Tuesday, May 3, 2011

Day 113: Anti-Bullying Bill on House Floor, Take 2

Today is the 113th day of the 82nd regular session of the Texas Legislature, except for in the House where it's still technically the 112th day for a little while longer... no really. The House "recessed" just after 7 pm last night and will return today at 10 am, since they did not adjourn at the end of the day yesterday they will still, technically, be on the 112th legislative day and will still be working on the list of bills to be considered that day. The Senate will reconvene at 11 am.

On the list of bills to be considered in the House on the 112th day is the "super" anti-bullying bill HB 1942 by Diane Patrick (R-Arlington). The bill is an amalgamation of ideas from several anti-bullying bills heard in the House Public Education Committee. It's the only major House anti-bullying bill to make it out of committee this session. This next Monday, May 9th - the 119th day of session, is the last day for House committees to vote out House bills, and even then bills of this nature must be voted on by the entire House before midnight on May 12th in order to advance. With the clock ticking HB 1942 may be our last, and best, chance of real anti-bullying reform. Please contact your House member and tell them to support HB 1942. Equality Texas has set up an easy-to-use e-mail form that takes less than a minute HERE.
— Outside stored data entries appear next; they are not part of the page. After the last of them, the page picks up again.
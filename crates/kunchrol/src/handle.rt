//! What C holds: the place of a register, which is owned by whoever holds it.

mod parts;

ghost use Rattle.std.specs.Prelude.{◌≡◌, MatchOption, None, Some};
ghost use Rattle.kunchrol.specs.Handles.{Held, held_code};

use embed::Register;
use parts::Parts;
use std::alloc::Global;
use std::marker::Model;
use std::ptr::null_mut;

/// A handle: it owns the register that lies at `at`; null if it is closed.
#[repr(C)]
pub struct Handle {
    at: *mut u8,
    pub ghost value: { Held } by { held_code },
}

impl Model for Handle {
    ghost use Rattle.kunchrol.specs.Handles.{handle_owns};

    ghost also_owns = { λ h. handle_owns h.at h.value };
}

impl Handle {
    /// Puts a register into a closed handle.
    pub fn put(&mut self, register: Box<Register>)
        requires { self.old.value ≡ None }
        ensures { self.new.value ≡ Some register.value }
    {
        self.hold(Parts::of(register));
    }

    fn hold(&mut self, parts: Parts<Register>)
        requires { self.old.value ≡ None }
        ensures { self.new.value ≡ Some parts.value }
    {
        let Parts { at } = parts;
        self.at = at as *mut u8;
    }

    /// Takes the register out, which leaves the handle closed. `None` if it is closed already.
    pub fn take(&mut self, alloc: Global) -> Option<Box<Register>>
        ensures taken { MatchOption result (self.old.value ≡ None)
            (λ register. self.old.value ≡ Some register.value) }
        ensures closed { self.new.value ≡ None }
    {
        let at = self.at;
        if at.is_null() {
            return None;
        }
        self.at = null_mut();
        Some(unsafe { Box::from_raw(alloc, at as *mut Register) })
    }
}
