//! The place of a file, as the system is asked for it.
ghost use Rattle.std.specs.Prelude.{◌≡◌, ◌<◌, ◌+◌, ◌++◌, [], IfErr, OnOk, length};
ghost use Rattle.std.specs.IoError.{error_kind};
ghost use Rattle.std.specs.declared.io.ErrorKind.TheVariants.{InvalidFilename};
ghost use Rattle.tor_source.specs.Places.{place_below};
ghost use Rattle.tor_source.specs.declared.faults.TheConstants.{MAX_PLACE};

use crate::faults::MAX_PLACE;
use arrayvec::ArrayString;
use std::io;
use std::marker::Model;
use tor_tree::Name;

/// A longer place gets all the room that the system takes. Room is made zero first, and so much of it for each question
/// would take longer than many an answer.
const MAX_SHORT: usize = 255;

/// The number of the system's fault for one that is longer than it takes (Linux, ENAMETOOLONG).
const NAME_TOO_LONG: i32 = 36;

/// A place that is no longer than the system takes. Contracts see its bytes.
#[derive(Drop)]
pub(crate) struct Place {
    text: PlaceText,
}

/// What a place is written into.
#[derive(Drop)]
pub(crate) enum PlaceText {
    Short(ArrayString<MAX_SHORT>),
    Long(ArrayString<MAX_PLACE>),
}

impl Model for Place {
    ghost use Rattle.std.specs.Prelude.{ℕ, List};
    ghost use Rattle.tor_source.specs.steps.Placed.{place_bytes};

    ghost Value = { List ℕ };

    ghost view = { λ place. place_bytes place.text };
}

impl Place {
    /// The empty place.
    pub(crate) fn new() -> Place
        ensures { result ≡ [] }
    {
        Place {
            text: PlaceText::Short(ArrayString::new()),
        }
    }

    /// The place as text.
    pub(crate) fn as_str(&self) -> &str
        ensures { result.now ≡ self.now }
    {
        match &self.text {
            PlaceText::Short(text) => text.as_str(),
            PlaceText::Long(text) => text.as_str(),
        }
    }

    /// Writes a place, and each name after a slash, in place of what was there. For one that is longer than the system
    /// takes, the fault that the system would have is answered.
    pub(crate) fn write(&mut self, place: &str, names: &[Name]) -> io::Result<()>
        ensures written { OnOk result (self.new ≡ place_below place.now names.now) }
        ensures refused { IfErr result (λ fault. (error_kind fault ≡ InvalidFilename)
            × (MAX_PLACE < length (place_below place.now names.now))) }
    {
        if let PlaceText::Short(text) = &mut self.text {
            if let Ok(()) = write_below(place, names, text) {
                return Ok(());
            }
        }
        let mut text = ArrayString::new();
        write_below(place, names, &mut text)?;
        self.text = PlaceText::Long(text);
        Ok(())
    }
}

// Writes a place, and each name after a slash, in place of what was there, if there is room.
fn write_below<const ROOM: usize>(
    place: &str,
    names: &[Name],
    text: &mut ArrayString<ROOM>,
) -> io::Result<()>
    ensures written { OnOk result (text.new.bytes ≡ place_below place.now names.now) }
    ensures refused { IfErr result (λ fault. (error_kind fault ≡ InvalidFilename)
        × (ROOM < length (place_below place.now names.now))) }
{
    text.clear();
    append(place, text)?;
    for name in names {
        append("/", text)?;
        append(name.as_str(), text)?;
    }
    Ok(())
}

// Appends to a place. If there is no room, that is the fault that the system has for one that is too long.
fn append<const ROOM: usize>(more: &str, text: &mut ArrayString<ROOM>) -> io::Result<()>
    ensures appended { OnOk result (text.new.bytes ≡ text.old.bytes ++ more.now) }
    ensures refused { IfErr result (λ fault. (error_kind fault ≡ InvalidFilename)
        × (ROOM < length text.old.bytes + length more.now)) }
{
    match text.try_push_str(more) {
        Ok(()) => Ok(()),
        Err(_) => Err(io::Error::from_raw_os_error(NAME_TOO_LONG)),
    }
}
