//! What was met below a folder and is none of given files.
ghost use Rattle.std.specs.Prelude.{◌≡◌, ◌∷◌, ◌++◌, [], IfOk, List, OnOk, length, map, vec_items, ℕ};
ghost use Rattle.std.specs.List.{filter};
ghost use Rattle.std.specs.List.Sorted.{IsPermutation, IsSorted};
ghost use Rattle.tor_source.specs.Extra.{extra_paths, is_below_pad, is_extra, is_one_of};
ghost use Rattle.tor_source.specs.Named.{path_of};
ghost use Rattle.tor_source.specs.Places.{names_bytes};
ghost use Rattle.tor_tree.specs.Path.{name_cmp};

use crate::refused::{Refused, names_bytes};
use std::alloc::{AllocError, Global};
use tor_tree::FilePath;

/// The paths of all that was met below a folder, of files that can be taken and of what is refused, but for those of
/// the files `known`, and of what is below the folder `.pad`, where a client keeps padding. Each is its names with a
/// slash between two; they are in the order of their bytes, none before one that is less. A path that was met twice is
/// told twice.
pub fn extra_paths(
    alloc: Global,
    taken: &[FilePath],
    refused: &[Refused],
    known: &[FilePath],
) -> Result<Vec<Vec<u8>>, AllocError>
    ensures all { IfOk result (λ extra. IsPermutation (extra_paths taken.now (map path_of refused.now) known.now)
        (map vec_items extra.items)) }
    ensures rising { IfOk result (λ extra. IsSorted (λ path next. name_cmp path.items next.items) extra.items) }
{
    let mut known = texts_of(alloc, known)?;
    known.sort()?;
    let mut extra = Vec::new(alloc);
    add_extra_files(alloc, taken, &known, &mut extra)?;
    add_extra_refused(alloc, refused, &known, &mut extra)?;
    extra.sort()?;
    Ok(extra)
}

// The bytes of each path.
fn texts_of(alloc: Global, paths: &[FilePath]) -> Result<Vec<Vec<u8>>, AllocError>
    ensures { IfOk result (λ texts. map vec_items texts.items ≡ map names_bytes paths.now) }
{
    let mut texts = Vec::with_capacity(alloc, paths.len())?;
    'paths: for path in paths {
        texts.push(names_bytes(alloc, path.names())?)?;
    }
    Ok(texts)
}

// Adds those of these paths that are none of the known ones, which do not fall.
fn add_extra_files(
    alloc: Global,
    taken: &[FilePath],
    known: &[Vec<u8>],
    extra: &mut Vec<Vec<u8>>,
) -> Result<(), AllocError>
    requires { IsSorted (λ path next. name_cmp path.items next.items) known.now }
    ensures { OnOk result (map vec_items extra.new.items ≡ map vec_items extra.old.items
        ++ filter (is_extra (map vec_items known.now)) (map names_bytes taken.now)) }
{
    'taken: for path in taken {
        add_extra(names_bytes(alloc, path.names())?, known, extra)?;
    }
    Ok(())
}

// Adds the paths of what was refused.
fn add_extra_refused(
    alloc: Global,
    refused: &[Refused],
    known: &[Vec<u8>],
    extra: &mut Vec<Vec<u8>>,
) -> Result<(), AllocError>
    requires { IsSorted (λ path next. name_cmp path.items next.items) known.now }
    ensures { OnOk result (map vec_items extra.new.items ≡ map vec_items extra.old.items
        ++ filter (is_extra (map vec_items known.now)) (map path_of refused.now)) }
{
    'refused: for one in refused {
        add_extra(Vec::from_slice(alloc, &one.path)?, known, extra)?;
    }
    Ok(())
}

// Adds a path, if it is none of the known ones.
fn add_extra(path: Vec<u8>, known: &[Vec<u8>], extra: &mut Vec<Vec<u8>>) -> Result<(), AllocError>
    requires { IsSorted (λ path next. name_cmp path.items next.items) known.now }
    ensures { OnOk result (map vec_items extra.new.items ≡ map vec_items extra.old.items
        ++ filter (is_extra (map vec_items known.now)) (path.items ∷ [])) }
{
    if is_extra(known, &path) {
        extra.push(path)?;
    }
    Ok(())
}

// Whether a path is none of the known ones, and not below the folder of padding.
fn is_extra(known: &[Vec<u8>], path: &Vec<u8>) -> bool
    requires { IsSorted (λ path next. name_cmp path.items next.items) known.now }
    ensures { result ≡ is_extra (map vec_items known.now) path.now.items }
{
    !is_known(known, path) && !is_below_pad(path)
}

fn is_known(known: &[Vec<u8>], path: &Vec<u8>) -> bool
    requires { IsSorted (λ path next. name_cmp path.items next.items) known.now }
    ensures { result ≡ is_one_of (map vec_items known.now) path.now.items }
{
    known.binary_search(path).is_ok()
}

fn is_below_pad(path: &[u8]) -> bool
    ensures { result ≡ is_below_pad path.now }
{
    path.starts_with(b".pad/")
}
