//! Where the system has files: a folder's place, and each name after a slash.
ghost use Rattle.std.specs.Prelude.{◌≡◌, ◌<◌, ◌+◌, ◌++◌, ◌∷◌, [], IfErr, IfOk, OnOk, length, map, slice_index_or};
ghost use Rattle.std.specs.IoError.{error_kind};
ghost use Rattle.std.specs.String.{string_bytes};
ghost use Rattle.std.specs.declared.io.ErrorKind.TheVariants.{InvalidFilename};
ghost use Rattle.tor_source.specs.Places.{place_below, place_of, without_slash};
ghost use Rattle.tor_source.specs.declared.faults.TheConstants.{MAX_PLACE};

use crate::folder::place::Place;
use std::alloc::{AllocError, Global};
use std::io;
use std::marker::Model;
use tor_tree::{FilePath, Name};

/// Where the system has files. Many files may share long names, so names are held, and a place is made each time it is
/// asked for. Contracts see the list of the places.
#[derive(Drop)]
pub(crate) struct Places {
    /// A folder's place, with no slash at its end; or that of all files.
    folder: String,
    files: Files,
}

/// Which files have their places there.
#[derive(Drop)]
pub(crate) enum Files {
    /// Each where its path leads to from the folder.
    Below(Vec<FilePath>),
    /// So many, all at this one place.
    Here(usize),
}

impl Model for Places {
    ghost use Rattle.std.specs.Prelude.{ℕ, List};
    ghost use Rattle.std.specs.String.{string_bytes};
    ghost use Rattle.tor_source.specs.steps.Placed.{placed};

    ghost Value = { List (List ℕ) };

    ghost view = { λ places. placed (string_bytes places.folder) places.files };
}

impl Places {
    /// The places of the files that paths lead to from a folder. The empty place is no folder: below it each file is at
    /// the empty place, where the system has nothing.
    pub(crate) fn below(
        alloc: Global,
        folder: &str,
        files: Vec<FilePath>,
    ) -> Result<Places, AllocError>
        ensures { IfOk result (λ places. places ≡ map (place_of folder.now) files.items) }
    {
        if folder.is_empty() {
            let files = Files::Here(files.len());
            let folder = String::new(alloc);
            return Ok(Places { folder, files });
        }
        Ok(Places {
            folder: String::from_str(alloc, without_slash(folder))?,
            files: Files::Below(files),
        })
    }

    /// The place of one file.
    pub(crate) fn one(alloc: Global, place: &str) -> Result<Places, AllocError>
        ensures { IfOk result (λ places. places ≡ place.now ∷ []) }
    {
        Ok(Places {
            folder: String::from_str(alloc, place)?,
            files: Files::Here(1),
        })
    }

    /// How many files there are.
    pub(crate) fn count(&self) -> usize
        ensures { result ≡ length self.now }
    {
        match &self.files {
            Files::Below(files) => files.len(),
            Files::Here(count) => *count,
        }
    }

    /// Writes the place of a file, in place of what was there. For one that is longer than the system takes, the fault
    /// that the system would have is answered.
    pub(crate) fn write(&self, file: usize, place: &mut Place) -> io::Result<()>
        requires { file < length self.now }
        ensures written { OnOk result (place.new ≡ slice_index_or self.now file []) }
        ensures refused { IfErr result (λ fault. (error_kind fault ≡ InvalidFilename)
            × (MAX_PLACE < length (slice_index_or self.now file []))) }
    {
        let (folder, names) = self.parts(file);
        place.write(folder, names)
    }

    /// The place of a file, however long it is.
    pub(crate) fn text(&self, alloc: Global, file: usize) -> Result<String, AllocError>
        requires { file < length self.now }
        ensures { IfOk result (λ text. string_bytes text ≡ slice_index_or self.now file []) }
    {
        let (folder, names) = self.parts(file);
        place_below(alloc, folder, names)
    }

    // What the place of a file is put together from.
    fn parts(&self, file: usize) -> (&str, &[Name])
        requires { file < length self.now }
        ensures { place_below result.0.now result.1.now ≡ slice_index_or self.now file [] }
    {
        match &self.files {
            Files::Below(files) => (&self.folder, files[file].names()),
            Files::Here(_) => (&self.folder, &[]),
        }
    }
}

/// A place, and each name after a slash.
pub(crate) fn place_below(alloc: Global, place: &str, names: &[Name]) -> Result<String, AllocError>
    ensures { IfOk result (λ below. string_bytes below ≡ place_below place.now names.now) }
{
    let mut below = String::with_capacity(alloc, length_below(place, names))?;
    below.push_str(place)?;
    for name in names {
        below.push('/')?;
        below.push_str(name.as_str())?;
    }
    Ok(below)
}

// How long that place is.
fn length_below(place: &str, names: &[Name]) -> usize {
    let mut length = place.len();
    for name in names {
        length = length
            .saturating_add(name.as_bytes().len())
            .saturating_add(1);
    }
    length
}

/// The place of a folder, less the slash at its end if it has one.
pub(crate) fn without_slash(folder: &str) -> &str
    ensures { result.now ≡ without_slash folder.now }
{
    match folder.strip_suffix('/') {
        Some(rest) => rest,
        None => folder,
    }
}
The nifty trick about the House still being on the 112th day this morning is that it will let them take both the 2nd and 3rd reading vote on HB 1942 on the same calendar day. The Texas constitution requires that bills be "read" on three different days in the House. "Read" means that the bill number and a short description, called the bill caption are read aloud and then, depending on whether it's 1st, 2nd or 3rd reading a different action is taken. After 1st reading the bill is referred to a committee which then holds public hearings and makes a recommendation to the entire House of the bill. After second reading the bill can be debated by the entire House, amended by a majority vote, and then voted on. If the bill passes 2nd reading it's then read a 3rd time and can be debated, amended by a 2/3 vote and voted on again (after which it's sent to the Senate for consideration in the case of House bills or the Governor for signing in the case of most Senate bills). Since HB 1942 is to be considered on 2nd reading on the 112th legislative day the House can pass it, adjourn, reconvene and then pass it on 3rd reading on the same day.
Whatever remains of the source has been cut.